CHAPTER V.

THE WORK OF GRAHAM.

Thomas Graham, 1805-1869.

The work of Graham, concerned as it mostly was with the development of the conception of atoms, connects the time of Dalton with that in which we are now living. I have therefore judged it advisable to devote a short chapter to a consideration of the life-work of this chemist, before proceeding to the third period of chemical advance, that, namely, which witnessed the development of organic chemistry through the labours of men who were Graham's contemporaries.

The printed materials which exist for framing the story of Graham's life are very meagre, but as he appears, from the accounts of his friends, to have devoted himself entirely to scientific researches, we cannot go far wrong in regarding the history of his various discoveries as also the history of his life.

Thomas Graham was born in Glasgow, on December 21, 1805. His father, James Graham, a successful manufacturer, was in a position to give his son a good education. After some years spent in the ordinary school training, Graham entered Glasgow University at the early age of fourteen, and graduated as M. A. five years later. It was the intention of Graham's father that his son should enter the Scottish Church; but under the teaching of Dr. Thomas Thomson and others the lad imbibed so strong a love of natural science, that rather than relinquish the pursuit of his favourite study, he determined to be independent of his father and make a living for himself. His father was much annoyed at the determination of his son to pursue science, and vainly attempted to force him into the clerical profession. The quarrel between father and son increased in bitterness, and notwithstanding the intervention of friends the father refused to make his son any allowance for his maintenance; and although many years after a reconcilement was effected, yet at the time when Graham most needed his father's help he was left to struggle alone. Graham went to Edinburgh, where he pursued his studies under Hope and Leslie, professors of chemistry and physics respectively—men whose names were famous wherever natural science was studied. Graham's mother, for whom he had always the greatest respect and warmest love, and his sister Margaret helped him as best they could during this trying time.

The young student found some literary occupation and a little teaching in Edinburgh, and sometimes he was asked to make investigations in subjects connected with applied chemistry. Thus he struggled on for four or five years, during which time he began to publish papers on chemico-physical subjects. In the year 1829 he was appointed Lecturer on Chemistry at the Mechanics' Institution in Glasgow, and next year he was removed to the more important position of lecturer on the same science at the Andersonian Institution in that city. This position he occupied for seven years, when he was elected Professor of Chemistry in the University of London (now University College): he had been elected to the Fellowship of the Royal Society in the preceding year. During his stay at the Andersonian Institution Graham had established his fame as a physical chemist; he had begun his work on acids and salts, and had established the fundamental facts concerning gaseous diffusion. These researches he continued in London, and from 1837 to 1854 he enriched chemical science with a series of papers concerned for the most part with attempts to trace the movements of the atoms of matter.

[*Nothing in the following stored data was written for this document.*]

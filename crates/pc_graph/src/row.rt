//! Rows of the edges of tests.

ghost use Rattle.std.specs.Prelude.{◌≡◌, ◌∷◌, [], true, IfOk};
ghost use Rattle.pc_rows.specs.Linear.{negation};
ghost use Rattle.pc_program.specs.Forms.{row_fits};
ghost use Rattle.pc_graph.specs.Ways.{is_lone};

use pc_language::Op;
use pc_program::Compare;
use pc_rows::{Row, Rows};
use pc_text::NoMemory;
use std::alloc::Global;

/// Whether a test is one `!=`, which holds where one of two rows fails.
pub(crate) fn is_lone(all: &[Compare]) -> bool
    ensures { result ≡ is_lone all.now }
{
    match all {
        [only] => only.op == Op::Unequal,
        _ => false,
    }
}

/// The negation of a row of a program, which is in range.
pub(crate) fn negation(r: &Row) -> Row
    requires { row_fits r.now ≡ true }
    ensures { result ≡ negation r.now }
{
    match r.negated() {
        Ok(row) => row,
        Err(_) => unreachable!(),
    }
}

/// The list of one row.
pub(crate) fn only(alloc: Global, row: Row) -> Result<Rows, NoMemory>
    ensures { IfOk result (λ rows. rows ≡ row ∷ []) }
{
    let mut rows = Rows::new(alloc);
    match rows.push(row) {
        Ok(()) => Ok(rows),
        Err(_) => Err(NoMemory),
    }
}
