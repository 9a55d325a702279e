//! What the graphs of programs promise, as contracts of functions that do nothing.

ghost use Rattle.pc_graph.specs.Choices.{ChoicesDrive};
ghost use Rattle.pc_graph.specs.Corresponds.{StepsCorrespond, RestsAreSafe};
ghost use Rattle.pc_graph.specs.Marks.{LoopsAreMarked};
ghost use Rattle.pc_graph.specs.Places.{PlacesAreTheirs};
ghost use Rattle.pc_graph.specs.Straight.{GraphsAreKept, LoopsHaveTheirHeads, ChecksStandAlone, StraightIsLoopFree, StraightGraphs, LoopFreeGraphs, PaidProgramsAreSafe, OwedIsViolated};

/// A program and its graph take the same steps.
pub fn steps_correspond()
    ensures { StepsCorrespond }
{}

/// What is still to be run at a point of a program's graph is safe from exactly the states in which no walk from the point comes
/// to an assertion that does not hold. At the entry these are states in which the locals are 0.
pub fn rests_are_safe()
    ensures { RestsAreSafe }
{}

/// The graph of a program keeps what every graph keeps.
pub fn graphs_are_kept()
    ensures { GraphsAreKept }
{}

/// No two loops of a program share a head.
pub fn loops_have_their_heads()
    ensures { LoopsHaveTheirHeads }
{}

/// An assertion of a program's graph is the only edge from its point.
pub fn checks_stand_alone()
    ensures { ChecksStandAlone }
{}

/// A loop of the program begins at each head of its graph, with the rows that the loop tries; the edges from the head lead into
/// the loop's body or past it, as their marks say, and no other edge is marked.
pub fn loops_are_marked()
    ensures { LoopsAreMarked }
{}

/// The entry and the start have the place of the program, and each other point that of the statement that made it.
pub fn places_are_theirs()
    ensures { PlacesAreTheirs }
{}

/// A program without loops, assumptions and tests but `*` has no loops.
pub fn straight_is_loop_free()
    ensures { StraightIsLoopFree }
{}

/// Without loops, assumptions and tests but `*` each edge of a program's graph leads up, and every state passes it unless
/// it is an assertion.
pub fn straight_graphs()
    ensures { StraightGraphs }
{}

/// Without loops the graph of a program has no heads.
pub fn loop_free_graphs()
    ensures { LoopFreeGraphs }
{}

/// Where each edge of a program's graph is paid by the rows of its source, the program is safe from the entry states that
/// meet the rows of the entry.
pub fn paid_programs_are_safe()
    ensures { PaidProgramsAreSafe }
{}

/// Without loops, assumptions and tests but `*` an entry state that breaks what is owed has choices that violate an
/// assertion.
pub fn owed_is_violated()
    ensures { OwedIsViolated }
{}

/// Without loops, assumptions and tests but `*` the choices along a walk drive the program to where the walk is, and one more
/// violates an assertion that leaves there and does not hold. Every walk has such choices.
pub fn choices_drive()
    ensures { ChoicesDrive }
{}
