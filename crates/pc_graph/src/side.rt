//! The sides of tests.

ghost use Rattle.std.specs.Prelude.{◌≡◌};
ghost use Rattle.pc_graph.specs.Sides.{holds, is_body};

/// Where the edges of one side of a test lead.
#[derive(Clone, Copy)]
pub enum Side {
    /// Into the first block of an `if`.
    Then,
    /// Into its second block.
    Else,
    /// Into the body of a loop.
    Body,
    /// Past the loop.
    Exit,
}

impl Side {
    /// Whether the test holds on this side.
    pub(crate) fn holds(self) -> bool
        ensures { result ≡ holds self }
    {
        match self {
            Side::Then | Side::Body => true,
            Side::Else | Side::Exit => false,
        }
    }

    /// Whether it is the body of a loop.
    pub(crate) fn is_body(self) -> bool
        ensures { result ≡ is_body self }
    {
        match self {
            Side::Body => true,
            Side::Then | Side::Else | Side::Exit => false,
        }
    }
}
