//! A graph in the making.

ghost use Rattle.std.specs.Prelude.{◌≡◌, ◌<◌, ◌-◌, ◌^◌, OnOk, IfOk, true};
ghost use Rattle.std.specs.List.{list_all};
ghost use Rattle.pc_program.specs.Forms.{row_fits, rows_all};
ghost use Rattle.pc_program.specs.Sane.{sane_test};
ghost use Rattle.pc_program.specs.declared.tree.Test.TheVariants.{All};
ghost use Rattle.pc_flow.specs.Arc.{IsFit, marked};
ghost use Rattle.pc_graph.specs.Drawn.{begun, extended, with_point, with_edge, with_tests, branched, joined_at, turned, headed};
ghost use Rattle.pc_graph.specs.Lowering.{one};
ghost use Rattle.pc_graph.specs.Sides.{holds, is_body};
ghost use Rattle.pc_graph.specs.Ways.{apart, is_lone, ways_of, ways};

use crate::row::{is_lone, negation, only};
use crate::side::Side;
use pc_flow::{Edge, What};
use pc_program::{Compare, Test, rows_of};
use pc_rows::Rows;
use pc_text::{NoMemory, Place};
use sqlite_items::Items;
use std::alloc::Global;
use std::marker::Model;

/// The head of a loop, and the rows that the loop tries.
#[derive(Drop)]
pub struct Loop {
    pub head: u32,
    pub tried: Rows,
}

/// What the rules have made so far: the present point, the number of the next point, the places of the points, the edges
/// and the loops. Each list is in the memory of `alloc`.
#[derive(Drop)]
pub struct Draft {
    pub alloc: Global,
    pub at: u32,
    pub next: u32,
    pub places: Items<Place>,
    pub edges: Items<Edge>,
    pub loops: Items<Loop>,
}

impl Model for Draft {
    ghost use Rattle.pc_graph.specs.Drawn.{Drawn};

    ghost Value = { Drawn };

    ghost view = { λ d. record { at = d.at; next = d.next; places = d.places; edges = d.edges; loops = d.loops } };
}

impl Draft {
    /// Nothing but the present point and the number of the next.
    pub(crate) fn new(alloc: Global, at: u32, next: u32) -> Draft
        ensures { result ≡ begun at next }
    {
        Draft {
            alloc,
            at,
            next,
            places: Items::new(alloc),
            edges: Items::new(alloc),
            loops: Items::new(alloc),
        }
    }

    /// The present point.
    pub(crate) fn at(&self) -> u32
        ensures { result ≡ self.now.at }
    {
        self.at
    }

    /// An edge from the present point to a new one.
    pub(crate) fn link(&mut self, place: Place, what: What) -> Result<(), NoMemory>
        requires fit { IsFit what }
        requires room { self.old.next < 2 ^ 32 - 1 }
        ensures { OnOk result (self.new ≡ extended self.old (one place what self.old.at self.old.next)) }
    {
        let from = self.at;
        let to = self.point(place)?;
        self.edge(from, to, what, false)
    }

    /// A new point, which is the present one from now on.
    pub(crate) fn point(&mut self, place: Place) -> Result<u32, NoMemory>
        requires { self.old.next < 2 ^ 32 - 1 }
        ensures number { IfOk result (λ p. p ≡ self.old.next) }
        ensures made { OnOk result (self.new ≡ with_point place self.old) }
    {
        if self.places.push(place).is_err() {
            return Err(NoMemory);
        }
        self.at = self.next;
        self.next += 1;
        Ok(self.at)
    }

    /// An edge.
    pub(crate) fn edge(
        &mut self,
        from: u32,
        to: u32,
        what: What,
        body: bool,
    ) -> Result<(), NoMemory>
        requires { IsFit what }
        ensures { OnOk result (self.new ≡ with_edge (marked body «from» to what) self.old) }
    {
        let edge = Edge {
            from,
            to,
            what,
            body,
        };
        match self.edges.push(edge) {
            Ok(()) => Ok(()),
            Err(_) => Err(NoMemory),
        }
    }

    /// The edges of one side of a test, from `p` to a new point.
    pub(crate) fn branch(
        &mut self,
        n: u32,
        p: u32,
        place: Place,
        test: &Test,
        side: Side,
    ) -> Result<(), NoMemory>
        requires sane { sane_test n test.now ≡ true }
        requires room { self.old.next < 2 ^ 32 - 1 }
        ensures { OnOk result (self.new ≡ branched p place (ways test.now (holds side)) (is_body side) self.old) }
    {
        let to = self.point(place)?;
        match test {
            Test::Any => self.edge(p, to, What::Test(Rows::new(self.alloc)), side.is_body()),
            Test::All(all) => self.ways(n, p, to, all.as_slice(), side),
        }
    }

    /// The edges of one side of a conjunction: one for all rows, or one for the negation of each.
    fn ways(&mut self, n: u32, p: u32, to: u32, all: &[Compare], side: Side) -> Result<(), NoMemory>
        requires sane { sane_test n (All all.now) ≡ true }
        ensures { OnOk result (self.new ≡ with_tests p to (ways_of (is_lone all.now) (rows_all all.now) (holds side)) (is_body side) self.old) }
    {
        let rows = rows_of(self.alloc, all)?;
        if is_lone(all) == side.holds() {
            self.spread(p, to, &rows, side.is_body())
        } else {
            self.edge(p, to, What::Test(rows), side.is_body())
        }
    }

    /// An edge for the negation of each row.
    fn spread(&mut self, p: u32, to: u32, rows: &Rows, body: bool) -> Result<(), NoMemory>
        requires { list_all row_fits rows.now ≡ true }
        ensures { OnOk result (self.new ≡ with_tests p to (apart rows.now) body self.old) }
    {
        for i in 0..rows.len() {
            let alone = only(self.alloc, negation(rows.at(i)))?;
            self.edge(p, to, What::Test(alone), body)?;
        }
        Ok(())
    }

    /// The edges from the end `t` of a block and from the present point to a new one.
    pub(crate) fn join(&mut self, place: Place, t: u32) -> Result<(), NoMemory>
        requires { self.old.next < 2 ^ 32 - 1 }
        ensures { OnOk result (self.new ≡ joined_at place t self.old) }
    {
        let from = self.at;
        let to = self.point(place)?;
        self.edge(t, to, What::Test(Rows::new(self.alloc)), false)?;
        self.edge(from, to, What::Test(Rows::new(self.alloc)), false)
    }

    /// The edge from the present point back to a head.
    pub(crate) fn turn(&mut self, head: u32) -> Result<(), NoMemory>
        ensures { OnOk result (self.new ≡ turned head self.old) }
    {
        let from = self.at;
        self.edge(from, head, What::Test(Rows::new(self.alloc)), false)
    }

    /// The present point becomes the head of a loop that tries the rows.
    pub(crate) fn head(&mut self, tried: Rows) -> Result<(), NoMemory>
        ensures { OnOk result (self.new ≡ headed tried self.old) }
    {
        let head = self.at;
        match self.loops.push(Loop { head, tried }) {
            Ok(()) => Ok(()),
            Err(_) => Err(NoMemory),
        }
    }
}
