dialog::backdrop { background: rgb(0 0 0 / 35%); }
dialog h2 { margin-bottom: 8px; }
dialog td { padding: 3px 16px 3px 0; white-space: normal; }
dialog p { margin: 6px 0; max-width: 70ch; }
dialog caption { padding-bottom: 4px; color: var(--muted); text-align: left; }
dialog .columns { display: grid; gap: 8px 24px; margin-bottom: 16px; }
dialog .columns { grid-template-columns: repeat(auto-fit, minmax(min(330px, 100%), 1fr)); }
dialog table { margin-bottom: 8px; }
dialog form { margin-top: 12px; text-align: right; }
</style>
</head>
<body>
<header>
  <h1 id=\"name\" dir=\"auto\">Trace</h1>
  <p id=\"facts\">Reading the trace.</p>
  <form id=\"search\" role=\"search\">
    <input id=\"query\" type=\"text\" aria-label=\"Search\" placeholder=\"Search: text, or field&gt;10us\"
      spellcheck=\"false\" autocomplete=\"off\" autocapitalize=\"off\">
    <output id=\"found\" for=\"query\"></output>
    <button type=\"button\" id=\"previous\" title=\"Shift+N\" aria-label=\"Previous match\">&#x2039;</button>
    <button type=\"button\" id=\"next\" title=\"N\" aria-label=\"Next match\">&#x203a;</button>
  </form>
  <button type=\"button\" id=\"range\" title=\"Esc\" hidden></button>
  <button type=\"button\" id=\"whole\" title=\"0\">Whole trace</button>
  <button type=\"button\" id=\"theme\" title=\"T\" aria-label=\"Light or dark\">&#x25d0;</button>
  <button type=\"button\" id=\"help\" title=\"?\" aria-label=\"Keys and search\">?</button>
</header>
<div id=\"notice\" role=\"alert\" hidden></div>
<main>
  <section id=\"timeline\" class=\"drawn\" aria-label=\"Timeline\">
    <div class=\"sheet\">
      <canvas id=\"tracks\" tabindex=\"0\" role=\"application\" aria-label=\"Timeline\"></canvas>
    </div>
  </section>
  <div id=\"divider\" role=\"separator\" tabindex=\"0\" aria-label=\"Height of the timeline\"
    aria-orientation=\"horizontal\"></div>
  <section id=\"lists\" aria-label=\"Lists\">
    <nav>
      <div role=\"tablist\" aria-label=\"Lists\">
        <button type=\"button\" role=\"tab\" id=\"tab-table\" aria-controls=\"table\">Events</button>
        <button type=\"button\" role=\"tab\" id=\"tab-flame\" aria-controls=\"flame\">Flame graph</button>
        <button type=\"button\" role=\"tab\" id=\"tab-summary\" aria-controls=\"summary\">Summary</button>
      </div>
      <p id=\"listed\"></p>
    </nav>
    <div id=\"table\" class=\"panel\" role=\"tabpanel\" aria-labelledby=\"tab-table\">
      <div id=\"rows\" tabindex=\"0\" aria-label=\"Events\">
        <div class=\"sheet\"><table><thead><tr></tr></thead><tbody></tbody></table></div>
      </div>
    </div>
    <div id=\"flame\" class=\"panel\" role=\"tabpanel\" aria-labelledby=\"tab-flame\" hidden>
      <div id=\"flame-bar\">
        <label>Width <select id=\"weight\"></select></label>
        <label><input type=\"checkbox\" id=\"inverted\"> Innermost first</label>
        <button type=\"button\" id=\"unzoom\" hidden>All stacks</button>
        <p id=\"frame\" dir=\"ltr\"></p>
      </div>
      <div id=\"stacks\" class=\"drawn\">
        <div class=\"sheet\">
          <canvas id=\"frames\" tabindex=\"0\" role=\"application\" aria-label=\"Flame graph\"
            aria-describedby=\"frame\"></canvas>
        </div>
      </div>
    </div>
    <div id=\"summary\" class=\"panel\" role=\"tabpanel\" aria-labelledby=\"tab-summary\" tabindex=\"0\" hidden>
      <table><thead><tr></tr></thead><tbody></tbody></table>
    </div>
  </section>
  <aside id=\"details\" tabindex=\"0\" aria-label=\"The selected event\"></aside>
</main>
<div id=\"tip\" hidden></div>
<p id=\"said\" class=\"unseen\" aria-live=\"polite\"></p>
<dialog id=\"keys\" aria-labelledby=\"keys-title\" autofocus>
  <h2 id=\"keys-title\">Keys</h2>
  <div class=\"columns\">
    <div>
      <table>
        <tbody>
          <tr><td><kbd>/</kbd></td><td>search</td></tr>
          <tr><td><kbd>N</kbd> <kbd>Shift+N</kbd></td><td>next, previous match</td></tr>
          <tr><td><kbd>F</kbd></td><td>fit the selection, or the range</td></tr>
          <tr><td><kbd>0</kbd></td><td>the whole trace</td></tr>
          <tr><td><kbd>R</kbd></td><td>a range: the selection, or what is seen</td></tr>
          <tr><td><kbd>Esc</kbd></td><td>drop the search, the range, the selection</td></tr>
          <tr><td><kbd>1</kbd> <kbd>2</kbd> <kbd>3</kbd></td><td>events, flame graph, summary</td></tr>
          <tr><td><kbd>T</kbd></td><td>light or dark</td></tr>
        </tbody>
      </table>
    </div>
    <div>
      <table>
        <caption>In the timeline</caption>
        <tbody>
          <tr><td><kbd>W</kbd> <kbd>S</kbd> or <kbd>+</kbd> <kbd>-</kbd></td><td>zoom; wheel and pinch too</td></tr>
          <tr><td><kbd>A</kbd> <kbd>D</kbd></td><td>move left, right; dragging too</td></tr>
          <tr><td><kbd>&#x2190;</kbd> <kbd>&#x2192;</kbd></td><td>previous, next event of the row</td></tr>
          <tr><td><kbd>&#x2191;</kbd> <kbd>&#x2193;</kbd></td><td>the row above, below</td></tr>
          <tr><td><kbd>Home</kbd> <kbd>End</kbd></td><td>first, last event of the row</td></tr>
          <tr><td>drag on the ruler</td><td>a range; elsewhere with <kbd>Shift</kbd></td></tr>
          <tr><td><kbd>Shift</kbd> and wheel</td><td>move left, right</td></tr>
          <tr><td>wheel on the names</td><td>move up, down</td></tr>
        </tbody>
      </table>
      <table>
        <caption>In the lists</caption>
        <tbody>
          <tr><td>arrows</td><td>the row or frame beside</td></tr>
          <tr><td><kbd>Enter</kbd></td><td>fit the event, zoom to the frame</td></tr>
          <tr><td><kbd>Backspace</kbd></td><td>all stacks</td></tr>
        </tbody>
      </table>
    </div>
  </div>
  <h2>Search</h2>
  <p>Words that all have to be found, without regard to case. A word is found in names of events and in texts of their
    values and frames; a number is found among their numbers too. A word between quotes may have spaces, and two quotes
    there are one of the word.</p>
  <p><code>busy&gt;50us</code> <code>status=500</code> <code>path!=\"/a b\"</code> compare a field;
    <code>event</code>, <code>track</code>, <code>time</code> and <code>length</code> are there for all events.</p>
  <form method=\"dialog\"><button>Close</button></form>
</dialog>
<noscript><p>This page needs JavaScript. It asks for nothing from the network.</p></noscript>
<script type=\"application/json\" id=\"data\">";
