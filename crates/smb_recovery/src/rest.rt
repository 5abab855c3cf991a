//! What lies behind the whole batches.

ghost use Rattle.std.specs.Prelude.{◌≡◌, true, IfOk, IfErr, IfSome};
ghost use Rattle.smb_changes.specs.Batches.{are_zeros};
ghost use Rattle.smb_recovery.specs.Steps.{begins_torn, IsSearched, IsLong};

use super::fault::RecoveryFault;
use super::source::Source;
use smb_changes::is_front;
use smb_wire::u64_in;

// How many bytes are read at once where none are kept.
const PART: u64 = 65_536;

// Whether bytes are zeros.
fn are_zeros(bytes: &[u8]) -> bool
    ensures { result ≡ are_zeros bytes.now }
{
    bytes.iter().all(|byte| *byte == 0)
}

/// Whether the bytes that were taken for a batch may be what a lost end leaves of it, if only zeros are behind them:
/// they are no front, fewer than the batch has, or end in a zero.
pub fn begins_torn(seed: u64, number: u64, bytes: &[u8]) -> bool
    ensures { result ≡ begins_torn seed number bytes.now }
{
    if bytes.len() < 24 {
        return true;
    }
    let (front, behind) = bytes.split_at(24);
    if !is_front(seed, number, front) {
        return true;
    }
    let size = u64_in(bytes, 0);
    if behind.len() < 9 || size > (behind.len() - 9) as u64 {
        return true;
    }
    let (_, tail) = behind.split_at(size as usize + 8);
    are_zeros(tail)
}

/// Reads what is left to its end. How many bytes it is where all of them are zeros, and else None. The buffer has no
/// more than 65,536 bytes at a time.
pub fn take_zeros<S: Source>(
    source: &mut S,
    buffer: &mut Vec<u8>,
) -> Result<Option<u64>, RecoveryFault>
    ensures zeros { IfOk result
        (λ found. IsSearched found (S.read source.old) (S.read source.new) (S.ended source.old)) }
    ensures ended { IfOk result (λ found. IfSome found (λ _. S.ended source.new ≡ true)) }
    ensures err { IfErr result (λ fault. IsLong (S.read source.new) fault) }
{
    let mut count = 0u64;
    loop {
        buffer.clear();
        source.take(PART, buffer)?;
        if buffer.is_empty() {
            return Ok(Some(count));
        }
        if !are_zeros(buffer) {
            return Ok(None);
        }
        let Some(more) = count.checked_add(buffer.len() as u64) else {
            return Err(RecoveryFault::TooLong);
        };
        count = more;
    }
}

In 1854 Graham succeeded Sir John Herschel in the important and honourable position of Master of the Mint. For some years after his appointment he was much engaged with the duties of his office, but about 1860 he again returned to his atomic studies, and in his papers on "Transpiration of Liquids" and on "Dialysis" he did much in the application of physical methods to solve chemical problems, and opened up new paths, by travelling on which his successors greatly advanced the limits of the science of chemistry. Graham was almost always at work; his holidays were "few and far between." By the year 1868 or so his general health began to grow feeble; in the autumn of 1869, during a visit to Malvern where he sought repose and invigorating air, he caught cold, which developed into inflammation of the lungs. On his return to London the disease was overcome by medical remedies, but he continued very weak, and gradually sank, till the end came on the 16th of September 1869.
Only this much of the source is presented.